- Work item -
Lines holding the string "Whether": copy each one from the listing below.

- Record extracts -
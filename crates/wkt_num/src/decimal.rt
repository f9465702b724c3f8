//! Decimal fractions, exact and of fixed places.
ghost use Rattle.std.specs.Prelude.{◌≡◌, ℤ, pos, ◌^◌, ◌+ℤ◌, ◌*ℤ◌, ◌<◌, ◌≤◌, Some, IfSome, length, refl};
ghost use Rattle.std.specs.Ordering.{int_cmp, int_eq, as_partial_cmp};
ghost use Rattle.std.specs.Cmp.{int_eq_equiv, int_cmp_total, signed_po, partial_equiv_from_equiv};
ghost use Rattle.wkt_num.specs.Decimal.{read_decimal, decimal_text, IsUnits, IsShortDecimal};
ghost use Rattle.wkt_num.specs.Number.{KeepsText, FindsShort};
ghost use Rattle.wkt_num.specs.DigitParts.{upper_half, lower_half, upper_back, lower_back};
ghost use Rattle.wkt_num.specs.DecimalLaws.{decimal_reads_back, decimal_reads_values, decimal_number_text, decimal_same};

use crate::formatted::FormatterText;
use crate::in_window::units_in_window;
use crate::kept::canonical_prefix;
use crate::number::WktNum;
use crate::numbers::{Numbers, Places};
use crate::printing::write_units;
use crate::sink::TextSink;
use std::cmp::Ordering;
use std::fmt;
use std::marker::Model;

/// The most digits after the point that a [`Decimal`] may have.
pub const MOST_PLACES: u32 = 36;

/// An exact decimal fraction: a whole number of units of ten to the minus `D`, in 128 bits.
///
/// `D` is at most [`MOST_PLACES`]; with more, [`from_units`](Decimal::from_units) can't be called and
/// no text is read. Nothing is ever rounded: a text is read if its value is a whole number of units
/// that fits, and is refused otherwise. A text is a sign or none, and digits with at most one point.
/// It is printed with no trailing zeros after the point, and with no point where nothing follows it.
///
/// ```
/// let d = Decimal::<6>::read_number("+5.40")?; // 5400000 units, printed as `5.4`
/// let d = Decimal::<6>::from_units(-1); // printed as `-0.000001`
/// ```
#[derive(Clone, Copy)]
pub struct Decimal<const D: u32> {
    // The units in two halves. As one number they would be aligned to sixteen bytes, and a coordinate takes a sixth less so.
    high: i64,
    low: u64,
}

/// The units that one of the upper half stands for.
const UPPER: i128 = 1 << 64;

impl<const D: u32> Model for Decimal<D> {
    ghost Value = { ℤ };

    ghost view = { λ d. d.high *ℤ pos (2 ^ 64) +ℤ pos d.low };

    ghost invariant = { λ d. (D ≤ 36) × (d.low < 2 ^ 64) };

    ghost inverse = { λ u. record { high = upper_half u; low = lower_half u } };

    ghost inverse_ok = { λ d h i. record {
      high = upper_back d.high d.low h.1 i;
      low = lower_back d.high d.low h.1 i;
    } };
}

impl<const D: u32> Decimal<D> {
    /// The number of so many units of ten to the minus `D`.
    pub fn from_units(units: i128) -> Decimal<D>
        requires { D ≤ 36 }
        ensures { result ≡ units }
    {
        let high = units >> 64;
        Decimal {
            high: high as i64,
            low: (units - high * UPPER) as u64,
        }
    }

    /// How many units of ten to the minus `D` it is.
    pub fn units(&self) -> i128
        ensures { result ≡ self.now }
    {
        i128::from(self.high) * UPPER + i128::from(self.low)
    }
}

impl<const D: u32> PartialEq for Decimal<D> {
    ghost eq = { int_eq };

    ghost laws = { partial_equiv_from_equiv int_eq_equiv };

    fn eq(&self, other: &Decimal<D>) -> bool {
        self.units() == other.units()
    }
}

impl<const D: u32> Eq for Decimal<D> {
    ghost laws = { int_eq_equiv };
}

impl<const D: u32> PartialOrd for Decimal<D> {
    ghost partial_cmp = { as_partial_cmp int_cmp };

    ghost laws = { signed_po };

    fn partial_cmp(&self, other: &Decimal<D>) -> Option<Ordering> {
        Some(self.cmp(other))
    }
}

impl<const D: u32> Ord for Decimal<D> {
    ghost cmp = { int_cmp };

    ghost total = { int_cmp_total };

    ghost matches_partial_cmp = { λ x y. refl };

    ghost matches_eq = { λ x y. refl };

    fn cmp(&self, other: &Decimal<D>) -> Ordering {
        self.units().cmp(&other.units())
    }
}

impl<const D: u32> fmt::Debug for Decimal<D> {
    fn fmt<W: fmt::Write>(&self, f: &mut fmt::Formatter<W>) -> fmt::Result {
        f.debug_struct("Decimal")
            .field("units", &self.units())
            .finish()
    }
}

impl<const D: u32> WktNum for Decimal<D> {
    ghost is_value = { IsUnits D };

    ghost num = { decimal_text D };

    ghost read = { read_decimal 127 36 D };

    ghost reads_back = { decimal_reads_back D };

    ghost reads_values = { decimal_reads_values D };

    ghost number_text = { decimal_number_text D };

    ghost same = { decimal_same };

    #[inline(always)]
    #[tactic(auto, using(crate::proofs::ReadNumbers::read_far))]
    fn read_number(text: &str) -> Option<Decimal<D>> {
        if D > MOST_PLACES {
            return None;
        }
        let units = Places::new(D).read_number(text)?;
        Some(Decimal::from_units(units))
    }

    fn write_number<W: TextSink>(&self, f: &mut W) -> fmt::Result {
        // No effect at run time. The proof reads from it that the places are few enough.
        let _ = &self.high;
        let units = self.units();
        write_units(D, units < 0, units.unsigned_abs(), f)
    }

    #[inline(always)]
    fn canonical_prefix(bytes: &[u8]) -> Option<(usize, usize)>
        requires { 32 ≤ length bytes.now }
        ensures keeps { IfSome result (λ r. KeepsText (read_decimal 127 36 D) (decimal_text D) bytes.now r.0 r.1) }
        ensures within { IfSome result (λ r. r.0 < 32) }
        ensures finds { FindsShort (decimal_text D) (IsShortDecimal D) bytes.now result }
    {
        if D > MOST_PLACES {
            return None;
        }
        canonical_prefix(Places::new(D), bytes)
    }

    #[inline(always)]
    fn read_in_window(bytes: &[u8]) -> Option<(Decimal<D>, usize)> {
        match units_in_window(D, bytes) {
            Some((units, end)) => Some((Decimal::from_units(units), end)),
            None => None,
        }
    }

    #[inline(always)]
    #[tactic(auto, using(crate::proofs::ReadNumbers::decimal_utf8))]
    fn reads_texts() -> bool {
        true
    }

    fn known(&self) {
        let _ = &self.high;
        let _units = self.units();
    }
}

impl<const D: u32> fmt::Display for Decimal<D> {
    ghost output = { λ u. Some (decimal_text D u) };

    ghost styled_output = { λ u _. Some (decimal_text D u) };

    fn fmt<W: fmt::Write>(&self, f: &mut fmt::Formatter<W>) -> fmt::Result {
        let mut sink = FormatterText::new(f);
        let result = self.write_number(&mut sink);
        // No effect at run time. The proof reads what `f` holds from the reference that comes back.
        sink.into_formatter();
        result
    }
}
--
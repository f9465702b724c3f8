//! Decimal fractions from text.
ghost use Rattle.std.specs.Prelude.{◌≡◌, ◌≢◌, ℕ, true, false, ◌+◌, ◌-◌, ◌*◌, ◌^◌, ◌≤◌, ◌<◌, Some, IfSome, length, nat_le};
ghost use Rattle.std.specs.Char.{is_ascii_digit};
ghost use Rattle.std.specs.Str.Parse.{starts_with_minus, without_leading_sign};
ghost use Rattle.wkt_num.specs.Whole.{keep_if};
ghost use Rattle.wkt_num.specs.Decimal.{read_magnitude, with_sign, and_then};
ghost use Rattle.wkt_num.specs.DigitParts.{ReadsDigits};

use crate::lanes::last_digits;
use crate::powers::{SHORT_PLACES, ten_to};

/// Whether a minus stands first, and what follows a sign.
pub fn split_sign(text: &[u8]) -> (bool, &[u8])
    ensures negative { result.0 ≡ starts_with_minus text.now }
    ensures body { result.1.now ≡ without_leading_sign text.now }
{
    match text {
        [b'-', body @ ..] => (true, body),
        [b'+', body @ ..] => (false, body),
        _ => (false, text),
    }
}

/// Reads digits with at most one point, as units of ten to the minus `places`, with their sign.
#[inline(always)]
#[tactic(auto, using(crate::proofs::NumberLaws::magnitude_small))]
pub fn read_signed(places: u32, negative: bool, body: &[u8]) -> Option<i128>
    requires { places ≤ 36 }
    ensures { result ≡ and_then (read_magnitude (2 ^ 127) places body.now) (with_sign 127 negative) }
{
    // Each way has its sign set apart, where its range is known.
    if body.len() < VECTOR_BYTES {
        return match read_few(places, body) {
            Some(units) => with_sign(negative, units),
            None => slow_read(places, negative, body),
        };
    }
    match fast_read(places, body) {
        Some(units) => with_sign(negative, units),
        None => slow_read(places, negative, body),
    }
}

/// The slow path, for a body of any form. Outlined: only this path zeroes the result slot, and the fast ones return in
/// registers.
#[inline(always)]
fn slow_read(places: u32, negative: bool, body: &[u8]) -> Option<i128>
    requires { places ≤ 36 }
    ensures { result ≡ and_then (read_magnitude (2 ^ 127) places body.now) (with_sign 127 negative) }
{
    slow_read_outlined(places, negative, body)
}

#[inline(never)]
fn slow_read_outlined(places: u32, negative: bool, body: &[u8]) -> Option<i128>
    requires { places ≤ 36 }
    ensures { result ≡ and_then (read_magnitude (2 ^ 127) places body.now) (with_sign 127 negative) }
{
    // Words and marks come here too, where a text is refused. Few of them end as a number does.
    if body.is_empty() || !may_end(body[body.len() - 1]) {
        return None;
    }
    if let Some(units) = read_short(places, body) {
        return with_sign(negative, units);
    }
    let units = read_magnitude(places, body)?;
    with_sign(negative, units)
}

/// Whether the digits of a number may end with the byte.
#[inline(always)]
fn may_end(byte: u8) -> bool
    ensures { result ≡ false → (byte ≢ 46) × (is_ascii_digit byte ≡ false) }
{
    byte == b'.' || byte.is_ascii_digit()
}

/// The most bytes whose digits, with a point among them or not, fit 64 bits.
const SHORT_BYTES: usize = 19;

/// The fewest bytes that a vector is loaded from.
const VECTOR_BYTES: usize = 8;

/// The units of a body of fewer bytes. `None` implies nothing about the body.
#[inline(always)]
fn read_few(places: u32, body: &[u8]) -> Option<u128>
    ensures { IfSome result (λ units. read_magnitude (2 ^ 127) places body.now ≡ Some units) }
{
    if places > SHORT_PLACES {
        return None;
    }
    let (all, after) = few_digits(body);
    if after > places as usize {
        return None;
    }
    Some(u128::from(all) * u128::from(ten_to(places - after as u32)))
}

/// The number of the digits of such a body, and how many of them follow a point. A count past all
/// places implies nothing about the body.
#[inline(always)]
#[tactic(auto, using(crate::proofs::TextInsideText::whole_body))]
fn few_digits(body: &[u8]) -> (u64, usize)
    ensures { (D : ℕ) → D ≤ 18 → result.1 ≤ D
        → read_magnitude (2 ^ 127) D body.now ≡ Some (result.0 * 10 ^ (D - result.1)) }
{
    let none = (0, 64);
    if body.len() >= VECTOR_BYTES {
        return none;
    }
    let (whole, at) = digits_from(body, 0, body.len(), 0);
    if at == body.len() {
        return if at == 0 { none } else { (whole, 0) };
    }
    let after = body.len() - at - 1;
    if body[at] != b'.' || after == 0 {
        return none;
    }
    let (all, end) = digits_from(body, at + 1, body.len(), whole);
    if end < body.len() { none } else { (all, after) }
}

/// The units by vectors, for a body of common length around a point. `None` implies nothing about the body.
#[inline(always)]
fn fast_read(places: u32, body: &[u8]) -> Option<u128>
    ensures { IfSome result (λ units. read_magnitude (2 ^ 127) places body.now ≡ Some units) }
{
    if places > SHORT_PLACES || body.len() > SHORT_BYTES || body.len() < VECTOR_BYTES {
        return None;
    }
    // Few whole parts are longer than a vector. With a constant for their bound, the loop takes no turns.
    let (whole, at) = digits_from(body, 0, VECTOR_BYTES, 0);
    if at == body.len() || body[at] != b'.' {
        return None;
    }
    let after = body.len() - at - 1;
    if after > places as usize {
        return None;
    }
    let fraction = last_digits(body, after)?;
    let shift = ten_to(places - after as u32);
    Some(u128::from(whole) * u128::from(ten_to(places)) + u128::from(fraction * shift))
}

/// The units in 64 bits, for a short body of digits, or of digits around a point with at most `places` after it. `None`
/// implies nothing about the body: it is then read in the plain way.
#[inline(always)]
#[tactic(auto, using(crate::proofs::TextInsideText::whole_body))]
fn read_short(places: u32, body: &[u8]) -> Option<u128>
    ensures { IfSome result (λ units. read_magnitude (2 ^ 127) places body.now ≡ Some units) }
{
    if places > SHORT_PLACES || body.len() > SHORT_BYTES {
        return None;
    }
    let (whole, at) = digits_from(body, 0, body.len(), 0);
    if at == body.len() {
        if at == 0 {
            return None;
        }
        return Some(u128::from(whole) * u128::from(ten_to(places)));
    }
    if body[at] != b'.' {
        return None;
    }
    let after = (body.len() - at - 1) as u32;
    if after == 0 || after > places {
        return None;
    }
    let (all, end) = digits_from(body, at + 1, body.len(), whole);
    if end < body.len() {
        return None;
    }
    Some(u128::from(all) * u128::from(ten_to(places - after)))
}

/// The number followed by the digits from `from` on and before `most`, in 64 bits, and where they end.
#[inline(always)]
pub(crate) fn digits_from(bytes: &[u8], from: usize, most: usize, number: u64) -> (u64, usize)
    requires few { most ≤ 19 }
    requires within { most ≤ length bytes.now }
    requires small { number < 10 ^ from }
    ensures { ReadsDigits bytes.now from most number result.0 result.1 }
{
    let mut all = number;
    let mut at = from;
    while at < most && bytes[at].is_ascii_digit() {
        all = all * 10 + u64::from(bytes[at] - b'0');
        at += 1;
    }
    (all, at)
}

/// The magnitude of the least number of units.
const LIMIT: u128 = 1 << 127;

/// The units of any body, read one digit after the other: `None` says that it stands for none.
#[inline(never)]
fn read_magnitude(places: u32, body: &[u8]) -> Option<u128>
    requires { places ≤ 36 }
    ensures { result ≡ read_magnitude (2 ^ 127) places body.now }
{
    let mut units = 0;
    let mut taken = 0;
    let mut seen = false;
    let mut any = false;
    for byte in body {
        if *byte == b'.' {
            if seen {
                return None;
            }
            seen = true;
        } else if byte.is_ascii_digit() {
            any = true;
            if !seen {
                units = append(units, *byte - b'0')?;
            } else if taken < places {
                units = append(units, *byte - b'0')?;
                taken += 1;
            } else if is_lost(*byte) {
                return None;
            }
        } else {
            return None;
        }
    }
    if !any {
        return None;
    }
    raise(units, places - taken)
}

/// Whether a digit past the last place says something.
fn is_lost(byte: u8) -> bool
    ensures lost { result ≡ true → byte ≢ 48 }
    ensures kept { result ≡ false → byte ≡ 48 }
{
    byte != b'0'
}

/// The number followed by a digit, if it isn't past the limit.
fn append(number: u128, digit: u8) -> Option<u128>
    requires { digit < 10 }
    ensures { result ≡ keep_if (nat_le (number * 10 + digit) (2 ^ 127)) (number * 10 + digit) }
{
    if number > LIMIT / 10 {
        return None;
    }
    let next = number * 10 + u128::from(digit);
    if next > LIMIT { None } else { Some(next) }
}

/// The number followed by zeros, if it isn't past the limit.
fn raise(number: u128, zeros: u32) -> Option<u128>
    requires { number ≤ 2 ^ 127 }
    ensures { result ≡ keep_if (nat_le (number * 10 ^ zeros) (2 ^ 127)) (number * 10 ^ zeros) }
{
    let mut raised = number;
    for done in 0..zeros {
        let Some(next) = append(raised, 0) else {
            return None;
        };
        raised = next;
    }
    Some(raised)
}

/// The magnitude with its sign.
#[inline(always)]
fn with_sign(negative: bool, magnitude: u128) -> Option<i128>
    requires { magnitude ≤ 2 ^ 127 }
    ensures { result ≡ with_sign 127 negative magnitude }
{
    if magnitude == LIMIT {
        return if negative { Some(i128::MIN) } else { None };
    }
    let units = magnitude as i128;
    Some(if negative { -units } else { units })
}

- Result of this task -
/// Whether a minus stands first, and what follows a sign.
/// Whether the digits of a number may end with the byte.
/// Whether a digit past the last place says something.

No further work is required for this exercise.